» **Task objective**
Each line of the entries, from the first to the line containing "use script_tree::syntax::name::Name;", is to be transcribed exactly as it stands; include no other lines.
--- --- ---
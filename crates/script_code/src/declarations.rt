ghost use Rattle.std.specs.Prelude.{◌≡◌, ◌++◌, ◌∷◌, [], OnOk};
ghost use Rattle.script_tree.specs.SyntaxLists.{statements_of};
ghost use Rattle.script_code.specs.Code.{block_code, texts};
ghost use Rattle.script_code.specs.declared.instruction.Instruction.TheVariants as instruction;

use crate::emitter::{Emitter, put};
use crate::instruction::Instruction;
use crate::scope::Scope;
use script_tree::syntax::name::Name;
use script_tree::syntax::statement::Block;
use std::alloc::AllocError;

impl<'a> Emitter<'a> {
    /// Writes the code of a function.
    pub(crate) fn function(
        &self,
        code: &mut Vec<Instruction>,
        parameters: &'a [Name],
        body: &'a Block,
    ) -> Result<(), AllocError>
        ensures { OnOk result (code.new.items ≡ code.old.items ++ (block_code self.now
            (texts parameters.now) (statements_of body.now) ++ instruction.End ∷ [])) }
    {
        let mut scope = Scope::of(self.alloc, parameters)?;
        self.block(code, &mut scope, body)?;
        put(code, Instruction::End)
    }

    /// Writes the code of a page.
    pub(crate) fn page(
        &self,
        code: &mut Vec<Instruction>,
        body: &'a Block,
    ) -> Result<(), AllocError>
        ensures { OnOk result (code.new.items ≡ code.old.items
            ++ (block_code self.now [] (statements_of body.now) ++ instruction.Halt ∷ [])) }
    {
        let mut scope = Scope::new(self.alloc);
        self.block(code, &mut scope, body)?;
        put(code, Instruction::Halt)
    }
}
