// The lines of a listing: the counts, then each node with its operands and users.
ghost use Rattle.std.specs.Prelude.{◌≡◌, ◌+◌, ◌++◌, map, eqb, ◌≤◌, ◌<◌};
ghost use Rattle.format.specs.Lists.{one_to, join};
ghost use Rattle.format.specs.Image.{node_count};
ghost use Rattle.format.specs.Proper.{trits_of, shadows_of};
ghost use Rattle.format.specs.Answers.{answer_numbers};
ghost use Rattle.format.specs.Listing.{node_line, count_line};
ghost use Rattle.asking.specs.Kinds.{kind_number};
ghost use Rattle.listing.specs.Wrote.{Room, Wrote};
ghost use Rattle.listing.specs.Neighbours.{neighbour_text, neighbours};

use crate::text::Text;
use asking::kind::Kind;
use asking::question::answer;
use format::{Answer, Refusal, Sort};
use trits::image::Image;

// The value of an answer: a count, or the number of a neighbour.
fn value(found: Result<Answer, Refusal>) -> u32
    ensures { result ≡ (answer_numbers found).value }
{
    match found {
        Ok(Answer::Value(v)) => v,
        Ok(Answer::Listed(neighbour)) => neighbour.node,
        Err(_) => 0,
    }
}

// Whether an answer is a neighbour by a shadow.
fn is_shadow(found: Result<Answer, Refusal>) -> bool
    ensures { result ≡ eqb (answer_numbers found).sort 2 }
{
    match found {
        Ok(Answer::Listed(neighbour)) => neighbour.sort == Sort::Shadow,
        _ => false,
    }
}

// Puts a neighbour after a space, with a star where it is a shadow.
fn put_neighbour(text: &mut Text, found: Result<Answer, Refusal>)
    requires { Room text.old.bytes.now text.old.end (neighbour_text (answer_numbers found)) }
    ensures wrote { Wrote text.old.bytes.now text.old.end (neighbour_text (answer_numbers found)) text.new.end text.new.bytes.now }
    ensures same { text.new.bytes.ghost_name ≡ text.old.bytes.ghost_name }
{
    text.put_field(b" ", value(found) as usize);
    if is_shadow(found) {
        text.put(b"*");
    }
}

// Puts a sign, and behind it the operands of node `i` or its users: one kind of question counts them, and the other gives each.
fn put_neighbours(text: &mut Text, sign: &[u8], image: &Image, count: Kind, each: Kind, i: u32)
    requires { Room text.old.bytes.now text.old.end (sign.now ++ neighbours image.now.bytes.now (kind_number count) (kind_number each) i) }
    ensures wrote { Wrote text.old.bytes.now text.old.end (sign.now ++ neighbours image.now.bytes.now (kind_number count) (kind_number each) i) text.new.end text.new.bytes.now }
    ensures same { text.new.bytes.ghost_name ≡ text.old.bytes.ghost_name }
{
    text.put(sign);
    let many = value(answer(image, u32::from(count), i, 0));
    for b in 1..=many {
        put_neighbour(text, answer(image, u32::from(each), i, b));
    }
}

// Puts the line of node `i`.
fn put_node(text: &mut Text, image: &Image, i: u32)
    requires { (1 ≤ i) × (i ≤ node_count (trits_of image.now.bytes.now))
        × Room text.old.bytes.now text.old.end (node_line (trits_of image.now.bytes.now) (shadows_of image.now.bytes.now) i) }
    ensures wrote { Wrote text.old.bytes.now text.old.end (node_line (trits_of image.now.bytes.now) (shadows_of image.now.bytes.now) i) text.new.end text.new.bytes.now }
    ensures same { text.new.bytes.ghost_name ≡ text.old.bytes.ghost_name }
{
    text.put_decimal(i as usize);
    put_neighbours(text, b":", image, Kind::OperandCount, Kind::Operand, i);
    put_neighbours(text, b" |", image, Kind::UseCount, Kind::User, i);
    text.put(b"\n");
}

// Puts the lines of all nodes.
pub fn put_nodes(text: &mut Text, image: &Image)
    requires { Room text.old.bytes.now text.old.end
        (join (map (node_line (trits_of image.now.bytes.now) (shadows_of image.now.bytes.now)) (one_to (node_count (trits_of image.now.bytes.now))))) }
    ensures wrote { Wrote text.old.bytes.now text.old.end
        (join (map (node_line (trits_of image.now.bytes.now) (shadows_of image.now.bytes.now)) (one_to (node_count (trits_of image.now.bytes.now)))))
        text.new.end text.new.bytes.now }
    ensures same { text.new.bytes.ghost_name ≡ text.old.bytes.ghost_name }
{
    for i in 1..=image.lay.nodes {
        put_node(text, image, i as u32);
    }
}

// Puts the first line, of counts.
pub fn put_counts(text: &mut Text, image: &Image)
    requires { Room text.old.bytes.now text.old.end (count_line (trits_of image.now.bytes.now) (shadows_of image.now.bytes.now)) }
    ensures wrote { Wrote text.old.bytes.now text.old.end (count_line (trits_of image.now.bytes.now) (shadows_of image.now.bytes.now)) text.new.end text.new.bytes.now }
    ensures same { text.new.bytes.ghost_name ≡ text.old.bytes.ghost_name }
{
    let lay = image.lay;
    let edges = lay.nodes + lay.shadows - lay.roots;
    text.put_three(
        b"nodes ", lay.nodes, b" edges ", edges, b" roots ", lay.roots,
    );
    let bytes = image.bytes.len();
    text.put_three(
        b" trits ",
        lay.trits,
        b" shadows ",
        lay.shadows,
        b" bytes ",
        bytes,
    );
    text.put(b"\n");
}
--- --- ---
» **Solution**
filename crates/script_code/src/declarations.rt
ghost use Rattle.std.specs.Prelude.{◌≡◌, ◌++◌, ◌∷◌, [], OnOk};
ghost use Rattle.script_tree.specs.SyntaxLists.{statements_of};
ghost use Rattle.script_code.specs.Code.{block_code, texts};
ghost use Rattle.script_code.specs.declared.instruction.Instruction.TheVariants as instruction;

use crate::emitter::{Emitter, put};
use crate::instruction::Instruction;
use crate::scope::Scope;
use script_tree::syntax::name::Name;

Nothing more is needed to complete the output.